Whether a timer is the right way depends on your exact requirements… If somehow possible, I would also consider using hardware capabilities as much as possible. The FlexTimer block is also very capable and might be useful too. Our demo robot TAQ uses the PWM block to generate square wave pulses.

As far as I understand you toggle the GPIO at SODIMM 135 which should lead to a 1us pulse width. I assume that your measurements (3us/1.3us) represent the pulse width measured with an oscilloscope. There are various things you can check:

  1. Setting the output compare value in the interrupt handler might be not a good idea. The interrupt handler is already delayed by some time, and resetting the value might interfere with the next compare operation. With GPTx_CR FRR cleared the timer should restart on its own.
  2. The GPIO block might delay your signal.
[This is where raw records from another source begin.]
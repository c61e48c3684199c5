//! Steps of a configuration, by name.
ghost use Rattle.std.specs.Prelude.{◌≡◌, ◌<◌, ◌++◌, ◌∷◌, [], Some, IsSome, IfOk, OnOk, OnErr, ◌⊎◌, true, false};
ghost use Rattle.std.specs.Ordering.{nat_cmp};
ghost use Rattle.std.specs.Cmp.Lexicographic.{slice_cmp};
ghost use Rattle.std.specs.BTreeMap.{Updates, get as looked_up};
ghost use Rattle.std.specs.FinMap.{get};
ghost use Rattle.core_language.specs.Configurations.{start as start_of};
ghost use Rattle.core_language.specs.Names.{Name as NameOf};
ghost use Rattle.core_language.specs.Steps.{machine_step, step as step_without_limits};
ghost use Rattle.core_programs.specs.Bodies.{program_of};
ghost use Rattle.machine_values.specs.Cells.{EndTest};
ghost use Rattle.machine_tasks.specs.declared.tasks.Task.{Task};
ghost use Rattle.machine_tasks.specs.Moving.{IsQuiet, place_after};
ghost use Rattle.machine_tasks.specs.Reading.{act_in};
ghost use Rattle.task_tables.specs.Ends.{NoneNew};
ghost use Rattle.task_tables.specs.Tables.{AreUnmoved, MovesTo};
ghost use Rattle.chan_machine.specs.Reading.{config_of, prints_of, step_of};
ghost use Rattle.chan_machine.specs.Ends.{ConfigPasses, NoNewCells};
ghost use Rattle.chan_machine.specs.Fits.{ActsAt, Fits, ForksAt, RoomAt, TasksFit, IsHalt, is_moved};

use crate::channels::{fork, receive, send};
use crate::configurations::{Config, Put, Puts};
use crate::events::{Event, Stepped};
use crate::looks::printed;
use chan_base::{Memory, Name};
use core_programs::Program;
use machine_tasks::{Act, Task, Value};
use sqlite_items::Items;
use std::alloc::Global;
use std::collections::BTreeMap;
use task_tables::TaskTable;

/// The configuration before the first step.
pub fn start(alloc: Global, program: &Program) -> Result<Config, Memory>
    ensures value { IfOk result (λ config. config_of program.now config ≡ start_of (program_of program.now)) }
    ensures fits { IfOk result (λ config. Fits program.now config) }
    ensures ends { IfOk result (λ config. (test : EndTest) → ConfigPasses test config) }
{
    let main = Task::main(alloc, program)?;
    let mut tasks = TaskTable::new(alloc);
    tasks.put(main)?;
    Ok(Config {
        tasks,
        channels: BTreeMap::new(alloc),
        prints: Items::new(alloc),
    })
}

/// The task with this name makes its step, which prints the number.
pub(crate) fn print(
    alloc: Global,
    program: &Program,
    tasks: &mut TaskTable,
    prints: &mut Puts,
    name: &Name,
    guess: usize,
    number: i128,
) -> Result<(), Memory>
    requires fits { TasksFit program.now tasks.old }
    requires act { ActsAt IsQuiet program.now tasks.old name.now }
    ensures ok { (t : Task) → get tasks.old name.now ≡ Some t
        → OnOk result (MovesTo program.now tasks.old tasks.new name.now (place_after (act_in program.now t)) t.forks) }
    ensures prints { OnOk result (prints_of prints.new ≡ prints_of prints.old ++ (name.now, number) ∷ []) }
    ensures err { OnErr result (AreUnmoved program.now tasks.old tasks.new) }
    ensures unprinted { OnErr result (prints.new ≡ prints.old) }
    ensures fits { TasksFit program.now tasks.new }
    ensures ends { NoneNew tasks.old tasks.new }
{
    let copy = name.copy()?;
    prints.push(Put { name: copy, number })?;
    match tasks.advance(alloc, program, name, guess) {
        Ok(()) => Ok(()),
        Err(_) => {
            let _put = prints.pop();
            Err(Memory)
        }
    }
}

/// The channel is Full with the value from now on.
pub(crate) fn fill(channels: &mut BTreeMap<Name, Option<Value>>, channel: &Name, value: Value)
    requires { IsSome (looked_up (slice_cmp nat_cmp) channels.old channel.now) }
    ensures { Updates (slice_cmp nat_cmp) channels.old channels.new channel.now (Some (Some value)) }
{
    if let Some(slot) = channels.get_mut(channel) {
        *slot = Some(value);
    }
}

/// The next step of the task with this name, which has room for one more variable.
fn make_step(
    alloc: Global,
    program: &Program,
    config: &mut Config,
    name: &Name,
    guess: usize,
) -> Result<Stepped, Memory>
    requires fits { Fits program.now config.old }
    requires room { RoomAt config.old.tasks name.now }
    requires forks { ForksAt config.old.tasks name.now }
    ensures value { IfOk result (λ s. machine_step (program_of program.now) (config_of program.now config.old) name.now
        ≡ step_of (config_of program.now config.new) s) }
    ensures still { IfOk result (λ s. is_moved s ≡ false → config_of program.now config.new ≡ config_of program.now config.old) }
    ensures err { OnErr result (config_of program.now config.new ≡ config_of program.now config.old) }
    ensures fits { Fits program.now config.new }
    ensures ends { OnOk result (NoNewCells config.old config.new) }
{
    let Some(task) = config.tasks.get(name, guess) else {
        return Ok(Stepped::Absent);
    };
    match task.act(program) {
        Act::Silent => {
            config.tasks.advance(alloc, program, name, guess)?;
            Ok(Stepped::Moved(Event::Silent))
        }
        Act::End => {
            config.tasks.advance(alloc, program, name, guess)?;
            Ok(Stepped::Moved(Event::End))
        }
        Act::Print(number) => {
            print(
                alloc,
                program,
                &mut config.tasks,
                &mut config.prints,
                name,
                guess,
                number,
            )?;
            Ok(printed(number))
        }
        Act::Ended => Ok(Stepped::Ended),
        Act::Halts(why) => Ok(Stepped::Halts(why)),
        Act::Stuck(why) => Ok(Stepped::Stuck(why)),
        Act::Fork => fork(alloc, program, config, name, guess),
        Act::Send => match task.channel(program) {
            Some(channel) => {
                let channel = channel.name.copy()?;
                send(alloc, program, config, name, guess, channel)
            }
            None => unreachable!(),
        },
        Act::Recv => match task.channel(program) {
            Some(channel) => {
                let channel = channel.name.copy()?;
                receive(program, config, name, guess, channel)
            }
            None => unreachable!(),
        },
    }
}

/// The next step of the task with this name. The number is tried first in the table of tasks.
pub(crate) fn step_at(
    alloc: Global,
    program: &Program,
    config: &mut Config,
    name: &Name,
    guess: usize,
) -> Result<Stepped, Memory>
    requires fits { Fits program.now config.old }
    requires forks { ForksAt config.old.tasks name.now }
    ensures value { IfOk result (λ s. machine_step (program_of program.now) (config_of program.now config.old) name.now
        ≡ step_of (config_of program.now config.new) s) }
    ensures still { IfOk result (λ s. is_moved s ≡ false → config_of program.now config.new ≡ config_of program.now config.old) }
    ensures err { OnErr result (config_of program.now config.new ≡ config_of program.now config.old) }
    ensures fits { Fits program.now config.new }
    ensures ends { OnOk result (NoNewCells config.old config.new) }
{
    config.tasks.make_room(name, guess)?;
    make_step(alloc, program, config, name, guess)
}

/// Makes the next step of the task with this name, or says why there is none.
pub fn step(
    alloc: Global,
    program: &Program,
    config: &mut Config,
    name: &Name,
) -> Result<Stepped, Memory>
    requires fits { Fits program.now config.old }
    requires forks { ForksAt config.old.tasks name.now }
    ensures value { IfOk result (λ s. machine_step (program_of program.now) (config_of program.now config.old) name.now
        ≡ step_of (config_of program.now config.new) s) }
    ensures limits { IfOk result (λ s. IsHalt s ⊎ (step_without_limits (program_of program.now) (config_of program.now config.old) name.now
        ≡ step_of (config_of program.now config.new) s)) }
    ensures still { IfOk result (λ s. is_moved s ≡ false → config_of program.now config.new ≡ config_of program.now config.old) }
    ensures err { OnErr result (config_of program.now config.new ≡ config_of program.now config.old) }
    ensures fits { Fits program.now config.new }
    ensures ends { OnOk result ((test : EndTest) → ((c : NameOf) → test c 0 ≡ true) → ConfigPasses test config.old → ConfigPasses test config.new) }
{
    step_at(alloc, program, config, name, 0)
}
I would assume that the GPIO block is clocked at 66MHz, so it really should not. However, to eliminate that possibility I would try using the GPT output pins. Unfortunately GPT3’s output pins are used on the module itself. However, GPT4’s compare pins are available (e.g. gpt4.COMPARE1SODIMM 31, gpt4.COMPARE2SODIMM100 or gpt4.COMPARE3SODIMM102). Setting GPTx_CR OM1/2/3 to b001 should toggle the pin on every compare event. With that you can verify that the timer is running at the expected clock/using the expected dividers and rule out any software/interrupt latency issue.
  3. CPU might be clocked too slow. If I understand the CCM block right the M4’s default clock source ( ARM_M4_CLK_ROOT) is b000, which is 24MHz… I would assume that even that should be fast enough, but you might want to try clocking it higher. demo_apps/low_power_imx7d/common/lpm_mcore.c seems to provide a mean to clock the CPU higher (by calling CCM_SetRootMux(CCM, ccmRootM4, ccmRootmuxM4SysPllDiv2);)
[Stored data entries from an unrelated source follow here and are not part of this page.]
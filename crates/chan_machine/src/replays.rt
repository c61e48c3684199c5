//! Whole runs.
ghost use Rattle.std.specs.Prelude.{◌≡◌, ◌≤◌, map, IfOk};
ghost use Rattle.core_language.specs.Endings.{ending_of};
ghost use Rattle.core_language.specs.Rounds.{run_of};
ghost use Rattle.core_programs.specs.Bodies.{program_of};
ghost use Rattle.chan_machine.specs.Ends.{IsOnOneThread};
ghost use Rattle.chan_machine.specs.Fits.{Fits};
ghost use Rattle.chan_machine.specs.Reading.{config_of, ending_as, entry_of};

use crate::configurations::Config;
use crate::endings::ending;
use crate::events::{Ending, Entries};
use crate::rounds::run_rounds;
use crate::runs::Run;
use chan_base::Memory;
use core_programs::Program;
use std::alloc::Global;

/// The configuration after the rounds, their entries in the order of times and names, and the ending.
#[derive(Drop)]
pub struct Replayed {
    pub config: Config,
    pub entries: Entries,
    pub ending: Ending,
}

/// The run of so many rounds, at most 1,000,000,000. It ends early where no task may move any more.
pub fn replay(alloc: Global, program: &Program, rounds: u64) -> Result<Replayed, Memory>
    requires rounds { rounds ≤ 1000000000 }
    ensures config { IfOk result (λ replayed. config_of program.now replayed.config ≡ (run_of (program_of program.now) rounds).config) }
    ensures entries { IfOk result (λ replayed. map entry_of replayed.entries ≡ (run_of (program_of program.now) rounds).entries) }
    ensures ending { IfOk result (λ replayed. ending_as replayed.ending
        ≡ ending_of (program_of program.now) (run_of (program_of program.now) rounds).config) }
    ensures fits { IfOk result (λ replayed. Fits program.now replayed.config) }
    ensures cells { IfOk result (λ replayed. IsOnOneThread replayed.config) }
{
    let Run { config, entries } = run_rounds(alloc, program, rounds)?;
    let ending = ending(alloc, program, &config)?;
    Ok(Replayed {
        config,
        entries,
        ending,
    })
}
Actually, after some tests, I’ve seen that with the code above I have a ~2us of overhead.

In fact if I set the counter to have an interrupt at 1kHz, I obtain a 1.002ms pulse width.
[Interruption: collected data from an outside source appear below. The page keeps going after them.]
//! Who waits at which channel, and who may move.
ghost use Rattle.std.specs.Prelude.{◌≡◌, ◌||◌, ◌&&◌, not, List, OnOk, ◌++◌, ◌∷◌, [], IfOk, filter};
ghost use Rattle.std.specs.Ordering.{nat_cmp};
ghost use Rattle.std.specs.Cmp.Lexicographic.{slice_cmp};
ghost use Rattle.std.specs.List.Sorted.{IsStrictlySortedBy};
ghost use Rattle.std.specs.BTreeMap.{keys};
ghost use Rattle.core_language.specs.Names.{same_name, Name as NameOf};
ghost use Rattle.core_language.specs.Rounds.{moves};
ghost use Rattle.core_programs.specs.Bodies.{program_of};
ghost use Rattle.machine_rounds.specs.Sets.{has};
ghost use Rattle.chan_machine.specs.Parking.{is_joined, names_of, seats, waits};
ghost use Rattle.chan_machine.specs.Fits.{Fits};
ghost use Rattle.chan_machine.specs.Reading.{config_of};
ghost use Rattle.chan_machine.specs.Turning.{Parked};

use crate::looks::{awaited, can_move};
use crate::runs::{Joined, Run, Seat, Waiting};
use chan_base::{Memory, Name};
use core_programs::Program;
use std::alloc::Global;

/// From now on this task waits at the channel, beside those that do.
pub(crate) fn park(
    alloc: Global,
    waiting: &mut Waiting,
    channel: &Name,
    seat: Seat,
) -> Result<(), Memory>
    ensures waits { OnOk result ((c q : NameOf)
        → waits waiting.new c q ≡ (waits waiting.old c q || (same_name c channel.now && same_name q seat.name))) }
{
    let mut waiters = match waiting.remove(channel) {
        Some(waiters) => waiters,
        None => Vec::new(alloc),
    };
    waiters.push(seat)?;
    let channel = channel.copy()?;
    waiting.insert(channel, waiters)?;
    Ok(())
}

/// These tasks join.
fn join_all(joined: &mut Joined, joining: Vec<Seat>) -> Result<(), Memory>
    ensures { OnOk result ((q : NameOf) → is_joined joined.new q ≡ (is_joined joined.old q || seats joining.items q)) }
{
    'joining: for seat in joining {
        let Seat { name, number } = seat;
        joined.insert(name, number)?;
    }
    Ok(())
}

/// Who waits at the channel joins, and nobody waits there any more.
pub(crate) fn wake(waiting: &mut Waiting, channel: &Name, joined: &mut Joined) -> Result<(), Memory>
    ensures waits { OnOk result ((c q : NameOf) → waits waiting.new c q ≡ (waits waiting.old c q && not (same_name c channel.now))) }
    ensures joined { OnOk result ((q : NameOf) → is_joined joined.new q ≡ (is_joined joined.old q || waits waiting.old channel.now q)) }
{
    if let Some(waiters) = waiting.remove(channel) {
        join_all(joined, waiters)?;
    }
    Ok(())
}

/// The seats of those that joined, in the order of their names.
fn in_order(alloc: Global, joined: Joined) -> Result<Vec<Seat>, Memory>
    ensures { IfOk result (λ ready. names_of ready.items ≡ keys joined) }
{
    let mut ready = Vec::new(alloc);
    'joined: for (name, number) in joined {
        ready.push(Seat { name, number })?;
    }
    Ok(ready)
}

/// The movers and those that joined while they had their turns, in the order of their names.
pub(crate) fn gather(alloc: Global, movers: Vec<Seat>, joined: Joined) -> Result<Vec<Seat>, Memory>
    requires { IsStrictlySortedBy (slice_cmp nat_cmp) (names_of movers.items) }
    ensures ascend { IfOk result (λ ready. IsStrictlySortedBy (slice_cmp nat_cmp) (names_of ready.items)) }
    ensures all { IfOk result (λ ready. (q : NameOf) → seats ready.items q ≡ (seats movers.items q || is_joined joined q)) }
{
    if joined.is_empty() {
        return Ok(movers);
    }
    let mut joined = joined;
    join_all(&mut joined, movers)?;
    let _ordered = joined.len();
    in_order(alloc, joined)
}

/// Puts a task that moves to the movers, and lets another wait at its channel.
fn sort_out(
    alloc: Global,
    program: &Program,
    run: &Run,
    waiting: &mut Waiting,
    movers: &mut Vec<Seat>,
    seat: Seat,
) -> Result<(), Memory>
    requires fits { Fits program.now run.now.config }
    ensures movers { OnOk result (names_of movers.new.items
        ≡ names_of movers.old.items ++ filter (moves (program_of program.now) (config_of program.now run.now.config)) (seat.name ∷ [])) }
    ensures parked { OnOk result ((rest : List NameOf)
        → Parked program.now run.now (λ q. has (slice_cmp nat_cmp) (seat.name ∷ rest) q || seats movers.old.items q) waiting.old
        → Parked program.now run.now (λ q. has (slice_cmp nat_cmp) rest q || seats movers.new.items q) waiting.new) }
{
    if can_move(program, &run.config, &seat.name, seat.number) {
        movers.push(seat)?;
    } else if let Some(channel) = awaited(program, &run.config, &seat.name, seat.number) {
        park(alloc, waiting, channel, seat)?;
    }
    Ok(())
}

/// Those of the ready tasks that move, in order; the others wait from now on.
pub(crate) fn sift(
    alloc: Global,
    program: &Program,
    run: &Run,
    waiting: &mut Waiting,
    ready: Vec<Seat>,
) -> Result<Vec<Seat>, Memory>
    requires fits { Fits program.now run.now.config }
    requires parked { Parked program.now run.now (seats ready.items) waiting.old }
    ensures movers { IfOk result (λ movers. names_of movers.items
        ≡ filter (moves (program_of program.now) (config_of program.now run.now.config)) (names_of ready.items)) }
    ensures parked { IfOk result (λ movers. Parked program.now run.now (seats movers.items) waiting.new) }
{
    let mut movers = Vec::new(alloc);
    'ready: for seat in ready {
        sort_out(alloc, program, run, waiting, &mut movers, seat)?;
    }
    Ok(movers)
}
If I set to have 10kHz, I obtain a 102us pulse width, and so on.

Your assumption about how I measure the pulse are right. And, of course, you’re also right when speaking about the 1ns delay, I was not thinking about the clock of the M4 being 240MHz.

I’m looking at the demo robot TAQ, and I find it very interesting.

Now that I know that my code is formally correct, I’m going to see if I can obtain a better performance by following your suggestions and maybe playing with FreeRTOS configurations.

I think that I can consider this thread closed and answered, thanks for your time and patience.